Iyer wants to know why US airlines are so crap – why "a place
in Northwest’s business class has afforded me less comfort than a seat
in the economy class of the national airlines of Bolivia, Cuba and even North
Gapper thinks it has something to do with "the refusal of airlines
to lie down and die" – certainly I don’t think the big US government
airline bailout in the wake of 9/11 did any favors to the travellling public
in the long term. But I think that the answer to Iyer’s question is actually
hidden in his own post, when he tells us that United’s frequent-flier program
"is more generous than it has to be".
Note that the centerpiece of Iyer’s complaint is an abortive trip from California
to Japan, one where Iyer turns out to be quite happy being rebooked on Japan’s
ANA rather than having to fly on United with his original booking. The question
naturally arises: if United is so crap, why was he booked on them in the first
place?

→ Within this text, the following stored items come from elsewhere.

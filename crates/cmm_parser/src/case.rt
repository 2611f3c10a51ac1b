//! What the arms of a switch are for, and the values that it is over.

ghost use Rattle.std.specs.Prelude.{◌≡◌, ◌-◌, ◌<◌, ◌≤◌, length, OnOk};
ghost use Rattle.cmm_grammar.specs.Reading.{next, passes};
ghost use Rattle.cmm_grammar.specs.ExpressionReading.{begins_expression};
ghost use Rattle.cmm_grammar.specs.PartReading as parts;
ghost use Rattle.cmm_grammar.specs.StatementReading as statements;
ghost use Rattle.cmm_parser.specs.inside.Parsing.{Takes, MayTake, point_of};

use crate::fault::Stop;
use crate::list::Listed;
use crate::parser::Parser;
use cmm_ast::{Case, Expr, Range, Span};
use cmm_lexer::{Keyword, Symbol};

impl Listed for Range {
    ghost reads = { λ fuel. parts.range fuel };

    ghost begins = { begins_expression };

    fn is_next(parser: &Parser<'_>) -> bool {
        parser.is_expression()
    }

    fn parse(parser: &mut Parser<'_>) -> Result<Range, Stop> {
        let from = parser.whole()?;
        let to = parser.range_end()?;
        Ok(Range { from, to })
    }
}

impl Parser<'_> {
    /// The end of a range after its symbol, where there is one.
    fn range_end(&mut self) -> Result<Option<Expr>, Stop>
        ensures { MayTake (λ fuel. parts.range_end fuel) (point_of self.old) result (point_of self.new) }
    {
        if self.accept(Symbol::Range) {
            Ok(Some(self.whole()?))
        } else {
            Ok(None)
        }
    }

    /// What an arm is for, with the colon.
    pub(crate) fn case(&mut self) -> Result<Case, Stop>
        ensures { Takes (λ fuel. statements.case fuel) (point_of self.old) result (point_of self.new) }
    {
        if self.accept_word(Keyword::Default) {
            self.expect(Symbol::Colon)?;
            Ok(Case::Default)
        } else {
            self.expect_word(Keyword::Case)?;
            let ranges = self.commas()?;
            self.expect(Symbol::Colon)?;
            Ok(Case::Ranges(ranges))
        }
    }

    /// Two values with the symbol of a range between them.
    fn span_ends(&mut self) -> Result<Span, Stop>
        ensures { Takes (λ fuel. statements.span_ends fuel) (point_of self.old) result (point_of self.new) }
    {
        let from = self.whole()?;
        self.expect(Symbol::Range)?;
        let to = self.whole()?;
        Ok(Span { from, to })
    }

    /// The values that a switch is over, in square brackets.
    pub(crate) fn switch_span(&mut self) -> Result<Span, Stop>
        ensures { Takes (λ fuel. statements.switch_span fuel) (point_of self.old) result (point_of self.new) }
    {
        let outside = self.enter(Symbol::OpenSquare)?;
        let span = self.span_ends()?;
        self.leave(Symbol::CloseSquare, outside)?;
        Ok(span)
    }
}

And the answer presents itself: the frequent-flyer program, which, like
most US airlines’ frequent-flier programs, has developed a life of its own.
America, it seems, has been successfully captured by the US airlines, to the
point at which most US residents simply don’t fly on any other planes. If you’re
a Brit, and you’re flying abroad, you’ll generally choose the cheapest and most
convenient flight, no matter what class you’re travelling in and no matter whether
you’re flying for business or pleasure. If you’re an American flying abroad,
by contrast, you’ll almost certainly end up flying an American airline.
When I used to fly from the US to Latin America every so often, I’d generally
fly the local airlines to get down there: Lan, Aerolineas, Varig. None of them
were spectacularly good, I must say. But one thing which jumped out at me was
the fact that there were almost no Americans on those flights – the Americans
always ended up flying on American or Continental. Maybe part of that was fear
of the unknown, but I suspect a much bigger part was those frequent-flyer accounts.
Americans have been conditioned to expect to either earn or spend frequent-flyer
miles on every flight they take – something which mitigates strongly against
taking any foreign airline. Even sophisticated cosmopolitan New Yorkers, well
aware that Virgin and BA are extremely competitive with American and Continental
to Heathrow, still nearly always end up taking a US carrier.
One can understand how the US ended up in this position. If you’re a country
like the UK or Germany, where most people travel to many different countries
quite regularly and have a wide choice of airlines, any one airline has a relatively
small chance of locking in frequent fliers. If you’re an airline in a small
country where the citizens don’t travel a lot, then those citizens
who do travel are largely captive, and your best bet is to compete
on quality against the airlines of the countries you’re flying to.
The US, by contrast, is unique in that most US airline passengers spend most
of their time on domestic flights, racking up domestic miles. When they do occasionally
fly abroad, they simply stick with the plan they’re in. Is there another country
where most flights are domestic, and where the big domestic airlines are also
the big international airlines? I don’t think so, but that seems like it could
be a recipe for reliance on frequent-flyer plans rather than high-quality service.